Jajaran Timsus Dit Reskrim Polda Bengkulu berhasil mengungkap peredaran Upal di Kota Bengkulu. Selain barang bukti sejumlah Rp 10 juta yang telah dinyatakan palsu, pihak Polda juga sedang memeriksa sejumlah Rp 20 juta di Bank Indonesia untuk mengetahui keasliannya.
Data yang berhasil dihimpun BE, peristiwa Upal itu terungkap sekitar pukul 12.30 WIB (12/7) di Bank Mandiri Cabang Bengkulu yang terletak di Jl S Parman Kelurahan Padang Jati.
Kronologisnya, bermula dari ketika Levi Diana (25) yang merupakan karyawan Toko Simargo Suka Makmur Seluma, yang bergerak di bidang pupuk, akan menyetorkan uang hasil pembayaran pupuk, sebanyak Rp 55.405.000 ke Bank Mandiri.

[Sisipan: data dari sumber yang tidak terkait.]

impl Upkeep {
    /// That of a broker's partitions. They are cleaned as the settings say, if there are any. `wall` is what a wall clock says, in
    /// milliseconds, where it could be read. `is_kept` says whether the broker keeps its changes on disk.
    ///
    /// # Errors
    ///
    /// Out of memory.
    pub(crate) fn new<S: BatchStore>(
        alloc: Global,
        settings: Option<Settings>,
        wall: Option<u64>,
        is_kept: bool,
        state: &BrokerState<S>,
    ) -> Result<Upkeep, AllocError> {
        let places = places_of(alloc, state)?;
        let mut cleaned_at = Vec::new(alloc);
        for _ in 0..places.len() {
            cleaned_at.push(None)?;
        }
        let base = wall.unwrap_or(0);
        let policy = match settings {
            Some(settings) => Some(policy_of(alloc, settings, base, places.len())?),
            None => None,
        };
        Ok(Upkeep {
            alloc,
            is_measuring: is_kept || policy.is_some(),
            policy,
            places,
            cleaned_at,
            own: OwnSession::new(alloc),
            base,
            asked: None,
            has_changed: true,
            measured_at: None,
            is_to_ask: false,
            due_at: None,
            is_unwritten: false,
            written_at: None,
        })
    }

    /// What the policy's clock says.
    fn time_at(&self, clock: u64) -> u64 {
        self.base.saturating_add(clock)
    }

    /// Puts back what was kept of a partition's passes over a restart.
    pub(crate) fn put_back<S: BatchStore>(
        &mut self,
        state: &BrokerState<S>,
        topic: &[u8],
        partition: i32,
        marks: Marks,
    ) -> Option<()> {
        let place = state.place_of(topic, partition)?;
        let index = self.index_of(place)?;
        let now = self.base;
        let policy = self.policy.as_mut()?;
        if index < policy.len() {
            policy.put_back(now, index, marks);
        }
        None
    }

    /// The index of a place among all, which rise.
    fn index_of(&self, place: Place) -> Option<usize> {
        self.places
            .binary_search_by_key(&(place.topic, place.partition), |other| {
                (other.topic, other.partition)
            })
            .ok()
    }

    /// Notes that requests were answered.
    pub(crate) fn note_change(&mut self) {
        self.has_changed = true;
    }

    /// Notes that the session with this number may be visited again, and tells whether it is the broker's own.
    pub(crate) fn wake(&mut self, number: u64) -> bool {
        self.own.wake(number)
    }

    /// What the clock says once there is something to do, though no client sends anything; 0 where that is now.
    pub(crate) fn due_at(&self) -> Option<u64> {
        if self.asked.is_some() {
            return if self.own.is_resting() { None } else { Some(0) };
        }
        let measure = if self.has_changed && self.is_measuring {
            Some(self.measure_at())
        } else {
            None
        };
        let ask = match self.due_at {
            Some(time) if self.policy.is_some() => Some(time.saturating_sub(self.base)),
            _ => None,
        };
        let ask = if self.is_to_ask { Some(0) } else { ask };
        sooner(measure, ask)
    }

    /// What the clock says once all may be measured again.
    fn measure_at(&self) -> u64 {
        match self.measured_at {
            Some(at) => at.saturating_add(BETWEEN_MEASURES),
            None => 0,
        }
    }

    /// Goes on: takes the reply to what was asked for, measures all partitions where they may have changed, and asks for the
    /// next cleaning, if one is due. `clock` counts milliseconds. Gives what came of the cleaning that is over, if one is.
    pub(crate) fn go_on<B: ServedSessions>(
        &mut self,
        sessions: &mut B,
        clock: u64,
    ) -> Option<Outcome> {
        let outcome = self.take_reply(sessions, clock);
        if let Some(asked) = &mut self.asked {
            if self.own.is_woken() {
                asked.is_failed = self.own.ask_again(sessions, clock) == Asking::Failed;
            }
            return outcome;
        }
        if self.has_changed && self.is_measuring && self.measure_at() <= clock {
            self.measure(sessions, clock);
        }
        self.ask(sessions, clock);
        outcome
    }

    /// Takes the reply to what was asked for, if it has left.
    fn take_reply<B: ServedSessions>(&mut self, sessions: &mut B, clock: u64) -> Option<Outcome> {
        let asked = self.asked?;
        let replied = if asked.is_failed {
            Replied::Failed
        } else {
            self.own.take_reply(sessions)
        };
        let why = match replied {
            Replied::NotYet => return None,
            Replied::Reply(answer) if answer.code == 0 => {
                return self.note_cleaned(sessions, clock, asked, answer);
            }
            Replied::Reply(answer) if answer.code != STORAGE_ERROR => WhyGivenUp::Code(answer.code),
            Replied::Reply(_) | Replied::Failed => WhyGivenUp::OutOfMemory,
        };
        self.asked = None;
        self.is_to_ask = true;
        let now = self.time_at(clock);
        if let Some(policy) = &mut self.policy {
            policy.given_up(now);
        }
        Some(Outcome::GivenUp(asked.place, why))
    }

    /// Notes that what was asked for is done.
    fn note_cleaned<B: ServedSessions>(
        &mut self,
        sessions: &B,
        clock: u64,
        asked: Asked,
        answer: CleanAnswer,
    ) -> Option<Outcome> {
        self.asked = None;
        self.is_to_ask = true;
        self.is_unwritten = true;
        self.has_changed = true;
        let after = match extent_at(sessions.state(), asked.place) {
            Some(extent) => extent.bytes,
            None => 0,
        };
        let now = self.time_at(clock);
        if let Some(policy) = &mut self.policy {
            policy.cleaned(now, after);
        }
        let mut cleaned = Cleaned {
            place: asked.place,
            before: asked.bytes,
            after,
            answer,
            millis: clock.saturating_sub(asked.began),
            at: clock,
            before_at: None,
        };
        if cleaned.has_removed()
            && let Some(at) = self.cleaned_at.get_mut(asked.index)
        {
            cleaned.before_at = at.replace(clock);
        }
        Some(Outcome::Cleaned(cleaned))
    }

    /// Measures all partitions, and tells the policy.
    fn measure<B: ServedSessions>(&mut self, sessions: &mut B, clock: u64) {
        self.has_changed = false;
        self.measured_at = Some(clock);
        self.is_to_ask = true;
        let now = self.time_at(clock);
        for index in 0..self.places.len() {
            let Some(extent) = extent_at(sessions.state(), self.places[index]) else {
                continue;
            };
            if !tell(&mut self.policy, now, index, extent) {
                self.has_changed = true;
            }
        }
        sessions.measure();
    }

    /// Asks for the next cleaning, if one is due.
    fn ask<B: ServedSessions>(&mut self, sessions: &mut B, clock: u64) -> Option<()> {
        let now = self.time_at(clock);
        let is_over = matches!(self.due_at, Some(time) if time <= now);
        if !self.is_to_ask && !is_over {
            return None;
        }
        self.is_to_ask = false;
        let policy = self.policy.as_mut()?;
        let Some(frame) = policy.next(now) else {
            self.due_at = policy.due_at(now);
            return None;
        };
        self.ask_for(sessions, clock, frame);
        None
    }

    /// Asks for a cleaning. Where that fails, the pass ends once its reply is asked for.
    fn ask_for<B: ServedSessions>(&mut self, sessions: &mut B, clock: u64, frame: Frame) {
        let place = match self.places.get(frame.partition) {
            Some(place) => *place,
            None => NO_PLACE,
        };
        let bytes = match extent_at(sessions.state(), place) {
            Some(extent) => extent.bytes,
            None => 0,
        };
        let is_failed = self.send_frame(sessions, clock, place, frame).is_none();
        self.asked = Some(Asked {
            index: frame.partition,
            place,
            bytes,
            began: clock,
            is_failed,
        });
    }

    /// Gives a frame to the broker's own session. None where it couldn't.
    fn send_frame<B: ServedSessions>(
        &mut self,
        sessions: &mut B,
        clock: u64,
        place: Place,
        frame: Frame,
    ) -> Option<()> {
        let topic = topic_at(sessions.state(), place)?;
        let mut name = Vec::new(self.alloc);
        name.extend_from_slice(topic).ok()?;
        let asked = CleanAsked {
            topic: &name,
            partition: i32::try_from(place.partition).ok()?,
            upto: frame.upto,
            tomb_before: frame.tomb_before,
        };
        match self.own.ask(sessions, clock, asked) {
            Asking::Handled | Asking::PutOff => Some(()),
            Asking::Failed => None,
        }
    }

    // ---- what is kept over restarts

    /// What the clock says once what is known of passes is to be written, if it is; `is_elsewhere` says whether what was written
    /// last stands behind another journal.
    pub(crate) fn write_at(&self, is_elsewhere: bool) -> Option<u64> {
        if self.policy.is_none() || !(self.is_unwritten || is_elsewhere) {
            return None;
        }
        match self.written_at {
            Some(at) => Some(at.saturating_add(BETWEEN_WRITES)),
            None => Some(0),
        }
    }

    /// Notes that it was tried to write what is known, and whether it was written.
    pub(crate) fn note_written(&mut self, clock: u64, is_written: bool) {
        self.written_at = Some(clock);
        if is_written {
            self.is_unwritten = false;
        }
    }

    /// How many partitions there are of which something may be known.
    pub(crate) fn len(&self) -> usize {
        match &self.policy {
            Some(policy) => policy.len().min(self.places.len()),
            None => 0,
        }
    }

    /// The place of a partition and what is known of its passes, by its index, with times of a wall clock that says `wall` where the
    /// clock of the rounds says `clock`.
    pub(crate) fn known_at(&self, index: usize, clock: u64, wall: u64) -> Option<(Place, Marks)> {
        let place = *self.places.get(index)?;
        let policy = self.policy.as_ref()?;
        if index >= policy.len() {
            return None;
        }
        let shift = Shift {
            from: self.time_at(clock),
            to: wall,
        };
        Some((place, shift.marks(policy.marks(index))))
    }
}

Hanya saja, ketika diperiksa pihak bank, diketahui sebanyak Rp 10 juta uang yang disetorkan itu palsu. Mengetahui hal itu, karyawan dan pihak Bank Mandiri langsung menuju ke Bank Indonesia untuk melakukan pengecekan.
Dari hasil pengecekan diketahui uang pecahan Rp 100 ribu dan Rp 50 ribu itu, palsu.
Mengetahui hal itu, pihak Bank Indonesia langsung melapor ke Polda Bengkulu.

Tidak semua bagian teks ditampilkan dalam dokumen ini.